The second is from the end of the sabk-i Khurāsānī period, near to the sabk-i ‘Irāqī period: a description of a palace built by Arslān Shah of Ghazna, composed by ‘Uthmān Mukhtārī in the vicinity of 1100. This description is far less concrete and much more spiritual in tone:

 The ancient sphere established the centre of the world's empire
 Through this place, through which Jupiter exercises its heavenly influence.

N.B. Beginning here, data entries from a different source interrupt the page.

//! Media objects: allocated first, and stored once.
ghost use Rattle.std.specs.Prelude.{◌≡◌};
ghost use Rattle.media_rows.specs.Objects.{kept_digest};

use disk_trait::{Duplicate, FORM_IN_USE, Listed, Memory, Text};
use std::alloc::Global;

/// The place of an object's bytes: its first media block, of 4,096 bytes, and its length in bytes.
#[derive(Clone, Copy, Debug, PartialEq, Eq)]
pub struct Extent {
    pub start: u64,
    pub length: u64,
}

/// The SHA-256 of an object's bytes (FIPS 180-4): the first 16 of its 32 bytes as a number, and the
/// last 16.
#[derive(Clone, Copy, Debug, PartialEq, Eq)]
pub struct Digest {
    pub high: u128,
    pub low: u128,
}

impl Digest {
    /// The digest that is kept of an object's bytes: none where the file is written in form 1.
    pub fn kept(self) -> Option<Digest>
        ensures { result ≡ kept_digest self }
    {
        if FORM_IN_USE == 2 { Some(self) } else { None }
    }
}

/// Whether an object has its bytes, and where: the first media block and the length in bytes. The
/// digest is missing exactly in what was read from a store of form 1.
#[derive(Clone, Copy, Debug, PartialEq, Eq)]
pub enum ObjectState {
    Allocated,
    Stored {
        start_block: u64,
        length: u64,
        digest: Option<Digest>,
    },
}

/// A kept object. It is idle since its allocation, its storing, or the loss of its last reference.
#[derive(Drop)]
pub struct ObjectRow {
    pub id: Text,
    pub serial: u64,
    pub state: ObjectState,
    pub idle_since: u64,
}

pub type ObjectList = Listed<ObjectRow>;

impl Duplicate for ObjectRow {
    fn duplicate(&self, alloc: Global) -> Result<Self, Memory> {
        Ok(ObjectRow {
            id: self.id.duplicate(alloc)?,
            serial: self.serial,
            state: self.state,
            idle_since: self.idle_since,
        })
    }
}
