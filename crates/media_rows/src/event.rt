//! Events: what changes make happen, and what waits for a hook.
ghost use Rattle.std.specs.Prelude.{◌≡◌};
ghost use Rattle.media_rows.specs.Formats.{event_number};

use disk_trait::{Duplicate, Listed, Memory};
use std::alloc::Global;
use time_range::TimeRange;

/// What happened to a flow or a source.
#[derive(Clone, Copy, Debug, PartialEq, Eq)]
pub enum EventKind {
    FlowCreated,
    FlowUpdated,
    FlowDeleted,
    SegmentsAdded,
    SegmentsDeleted,
    SourceCreated,
    SourceUpdated,
    SourceDeleted,
}

pub type EventList = Listed<EventKind>;

impl EventKind {
    /// The number of the event in the file: 1 to 8.
    pub fn number(self) -> u8
        ensures { result ≡ event_number self }
    {
        match self {
            EventKind::FlowCreated => 1,
            EventKind::FlowUpdated => 2,
            EventKind::FlowDeleted => 3,
            EventKind::SegmentsAdded => 4,
            EventKind::SegmentsDeleted => 5,
            EventKind::SourceCreated => 6,
            EventKind::SourceUpdated => 7,
            EventKind::SourceDeleted => 8,
        }
    }
}

/// An event that waits for its hook. `hook` is the hook's serial, `subject` the id of a flow or a
/// source, `range` the hull of the segments that were added or deleted.
#[derive(Clone, Copy, Debug, PartialEq, Eq)]
pub struct EventRow {
    pub serial: u64,
    pub hook: u64,
    pub kind: EventKind,
    pub subject: u128,
    pub range: Option<TimeRange>,
    pub moment: u64,
}

pub type EventRowList = Listed<EventRow>;

/// Something that happened in a change, before it goes to hooks. `source` is the flow's source, or
/// the subject itself for an event of a source.
#[derive(Clone, Copy, Debug, PartialEq, Eq)]
pub struct Happened {
    pub kind: EventKind,
    pub subject: u128,
    pub source: u128,
    pub range: Option<TimeRange>,
}

pub type HappenedList = Listed<Happened>;

impl Duplicate for EventKind {
    fn duplicate(&self, _alloc: Global) -> Result<Self, Memory> {
        Ok(*self)
    }
}

impl Duplicate for EventRow {
    fn duplicate(&self, _alloc: Global) -> Result<Self, Memory> {
        Ok(*self)
    }
}

impl Duplicate for Happened {
    fn duplicate(&self, _alloc: Global) -> Result<Self, Memory> {
        Ok(*self)
    }
}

 When the sun saw its parapets from the sky,
 It bowed its head to the ground, and its eyes to the threshold.
 [When] the virgins of paradise beheld it from their gardens,
 They took this palace for gold, and paradise as the mine.
 They considered the earth insignificant because of its firm structure;
 The air in this palace was so fine that the air (outside) was heavy.
 The architect used his intellect and soul to design this edifice
 Through the firmness of his intellect and the grace of his soul.